## Entries taken from a collection
BEGIN

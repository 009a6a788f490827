//! Says in words which word of an event or a command is wrong. Each word is judged by the function that reads it.

use crate::kind::Kind;
use mencius_base::{BadCommand, Command, CommandId, Key, NoMemory, Op, Text};
use mencius_format::{
    NO_OPERATION, Part, command_version, cut_at_dot, event_version, fault_of, left_over,
    may_stand_in, next_word, operands_of, parse_id, parse_u8, parse_u32, shown,
};
use mencius_io::IoFault;
use std::alloc::Global;

// Returns the parts that follow the first word of an event, up to the operation of a command.
fn parts_behind(first: &str) -> Option<&'static [Part]> {
    match first {
        "deliver" | "lose" => Some(&[Part::Message, Part::Server]),
        "suspect" => Some(&[Part::Server, Part::Suspected]),
        "retry" | "execute" => Some(&[Part::Server]),
        "submit" => Some(&[Part::Server, Part::Id]),
        _ => None,
    }
}

// Returns whether a word consists of two or more digits and begins with a 0.
fn has_leading_zero(word: &str) -> bool {
    match word.as_bytes() {
        [b'0', rest @ ..] => !rest.is_empty() && rest.iter().all(|b| b.is_ascii_digit()),
        _ => false,
    }
}

// Describes the problem with a number. `found` is the fault of the number.
fn wrong_number(
    alloc: Global,
    name: &str,
    word: &str,
    found: IoFault,
    greatest: u32,
) -> Result<String, NoMemory> {
    if found == IoFault::BadLimit {
        return Ok(format!(in alloc; "{name} is greater than {greatest}")?);
    }
    if has_leading_zero(word) {
        return Ok(format!(in alloc; "{name} has a leading zero")?);
    }
    let word = shown(alloc, word)?;
    Ok(format!(in alloc; "{name} is not a number: {word}")?)
}

fn wrong_u8(
    alloc: Global,
    name: &str,
    word: &str,
    fault: IoFault,
) -> Result<Option<String>, NoMemory> {
    match parse_u8(word) {
        Err(found) if found == fault => {
            Ok(Some(wrong_number(alloc, name, word, found, u32::from(u8::MAX))?))
        }
        _ => Ok(None),
    }
}

fn wrong_u32(
    alloc: Global,
    name: &str,
    word: &str,
    fault: IoFault,
) -> Result<Option<String>, NoMemory> {
    match parse_u32(word) {
        Err(found) if found == fault => {
            Ok(Some(wrong_number(alloc, name, word, found, u32::MAX)?))
        }
        _ => Ok(None),
    }
}

fn wrong_id(alloc: Global, word: &str, fault: IoFault) -> Result<Option<String>, NoMemory> {
    if parse_id(word).err() != Some(fault) {
        return Ok(None);
    }
    let Ok((client, number)) = cut_at_dot(word) else {
        let word = shown(alloc, word)?;
        return Ok(Some(format!(in alloc; "the command ID is not CLIENT.NUMBER: {word}")?));
    };
    if let Some(words) = wrong_u32(alloc, "the client of the command ID", client, fault)? {
        return Ok(Some(words));
    }
    wrong_u32(alloc, "the number of the command ID", number, fault)
}

// Describes the problem with the key or the text of an operation, if it has the fault. A command judges the key or
// text.
fn wrong_op(alloc: Global, part: Part, op: Op, fault: IoFault) -> Result<Option<String>, NoMemory> {
    let id = CommandId {
        client: 0,
        number: 0,
    };
    let Err(bad) = Command::new(id, op) else {
        return Ok(None);
    };
    if fault_of(bad) != fault {
        return Ok(None);
    }
    Ok(Some(words_of_bad(alloc, part, bad)?))
}

// Returns the command's own words for a key or text that it refuses. If the operation has two texts, the words say
// which text is refused.
fn words_of_bad(alloc: Global, part: Part, bad: BadCommand) -> Result<String, NoMemory> {
    let words = format!(in alloc; "{bad}")?;
    match (part, words.as_str().strip_prefix("a text")) {
        (Part::NamedText(name), Some(rest)) => Ok(format!(in alloc; "{name}{rest}")?),
        _ => Ok(words),
    }
}

fn wrong_text(
    alloc: Global,
    part: Part,
    word: &str,
    fault: IoFault,
) -> Result<Option<String>, NoMemory> {
    let key = Key::new(String::from_str(alloc, "k")?);
    let text = Text::new(String::from_str(alloc, word)?);
    wrong_op(alloc, part, Op::Set { key, text }, fault)
}

fn wrong_key(alloc: Global, word: &str, fault: IoFault) -> Result<Option<String>, NoMemory> {
    let key = Key::new(String::from_str(alloc, word)?);
    wrong_op(alloc, Part::Key, Op::Get { key }, fault)
}

// Describes the problem with a word that is present, if the word has the fault.
fn wrong_word(
    alloc: Global,
    part: Part,
    word: &str,
    fault: IoFault,
) -> Result<Option<String>, NoMemory> {
    match part {
        Part::Server | Part::Suspected => wrong_u8(alloc, part.name(), word, fault),
        Part::Message => wrong_u32(alloc, part.name(), word, fault),
        Part::Id => wrong_id(alloc, word, fault),
        Part::Key => wrong_key(alloc, word, fault),
        Part::Text | Part::NamedText(_) => wrong_text(alloc, part, word, fault),
    }
}

// Describes the problem with a number or an operation that is empty.
fn empty(alloc: Global, name: &str, is_last: bool) -> Result<String, NoMemory> {
    if is_last {
        return Ok(format!(in alloc; "{name} is missing")?);
    }
    Ok(format!(in alloc; "there are two spaces before {name}")?)
}

// Describes the problem with a word that is missing.
fn missing(alloc: Global, part: Part) -> Result<String, NoMemory> {
    let name = part.name();
    if let Part::Text | Part::NamedText(_) = part {
        return Ok(format!(in alloc; "{name} is missing: an empty one has a space before it")?);
    }
    Ok(format!(in alloc; "{name} is missing")?)
}

// Describes the problem with the first of these words that is missing or has the fault.
fn wrong_words(
    alloc: Global,
    parts: &[Part],
    left: &mut Option<&str>,
    fault: IoFault,
) -> Result<Option<String>, NoMemory> {
    for part in parts {
        let Some(word) = next_word(left) else {
            return Ok(Some(missing(alloc, *part)?));
        };
        if let Some(words) = wrong_word(alloc, *part, word, fault)? {
            if word.is_empty() && !matches!(part, Part::Key) {
                return Ok(Some(empty(alloc, part.name(), left.is_none())?));
            }
            return Ok(Some(words));
        }
    }
    Ok(None)
}

// Describes the problem with the operation, or with the first of its words that is missing or has the fault.
fn wrong_operation(
    alloc: Global,
    left: &mut Option<&str>,
    fault: IoFault,
) -> Result<Option<String>, NoMemory> {
    let name = "the operation";
    let Some(operation) = next_word(left) else {
        return Ok(Some(format!(in alloc; "{name} is missing")?));
    };
    if operation.is_empty() {
        return Ok(Some(empty(alloc, name, left.is_none())?));
    }
    let Some(operands) = operands_of(operation) else {
        let word = shown(alloc, operation)?;
        return Ok(Some(format!(in alloc; "{NO_OPERATION}: {word}")?));
    };
    wrong_words(alloc, operands, left, fault)
}

// Describes the problem with a text that does not begin as an event does.
fn unknown(alloc: Global, first: &str, is_whole: bool) -> Result<String, NoMemory> {
    if !first.is_empty() {
        let word = shown(alloc, first)?;
        return Ok(format!(in alloc;
            "no event begins with {word}: each begins with submit, deliver, lose, suspect, retry or execute"
        )?);
    }
    let words = if is_whole {
        "it is empty"
    } else {
        "it begins with a space"
    };
    Ok(String::from_str(alloc, words)?)
}

// Describes the problem with the text of an event.
fn wrong_event(alloc: Global, text: &str, fault: IoFault) -> Result<String, NoMemory> {
    let mut left = Some(text);
    let first = next_word(&mut left).unwrap_or("");
    let Some(parts) = parts_behind(first) else {
        return unknown(alloc, first, left.is_none());
    };
    if let Some(words) = wrong_words(alloc, parts, &mut left, fault)? {
        return Ok(words);
    }
    if first == "submit" {
        if let Some(words) = wrong_operation(alloc, &mut left, fault)? {
            return Ok(words);
        }
    }
    left_over(alloc, &mut left)
}

// Describes the problem with the text of a command.
fn wrong_command(alloc: Global, text: &str, fault: IoFault) -> Result<String, NoMemory> {
    let mut left = Some(text);
    if let Some(words) = wrong_words(alloc, &[Part::Id], &mut left, fault)? {
        return Ok(words);
    }
    if let Some(words) = wrong_operation(alloc, &mut left, fault)? {
        return Ok(words);
    }
    left_over(alloc, &mut left)
}

// Returns the lowest version that a text needs. Only the word of its operation decides this.
fn version_of_text(kind: Kind, text: &str) -> u64 {
    match kind {
        Kind::Replay => event_version(text),
        Kind::Run => command_version(text),
    }
}

// Returns the word in the place of the operation.
fn operation_in(kind: Kind, text: &str) -> &str {
    let mut left = Some(text);
    if matches!(kind, Kind::Replay) {
        let _submit = next_word(&mut left);
        let _server = next_word(&mut left);
    }
    let _id = next_word(&mut left);
    next_word(&mut left).unwrap_or("")
}

/// Describes the problem with the text of an event or, in a run, of a command. The text has this fault in the version.
/// The result describes the first word of the text that has the fault.
pub(crate) fn wrong_item(
    alloc: Global,
    kind: Kind,
    version: u64,
    text: &str,
    fault: IoFault,
) -> Result<String, NoMemory> {
    let needed = version_of_text(kind, text);
    if !may_stand_in(needed, version) {
        let operation = operation_in(kind, text);
        return Ok(format!(in alloc; "only version {needed} has the operation {operation}")?);
    }
    match kind {
        Kind::Replay => wrong_event(alloc, text, fault),
        Kind::Run => wrong_command(alloc, text, fault),
    }
}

END

## What you will do
On how many lines above does "lose" occur? Say the number only.

## Response to this task
2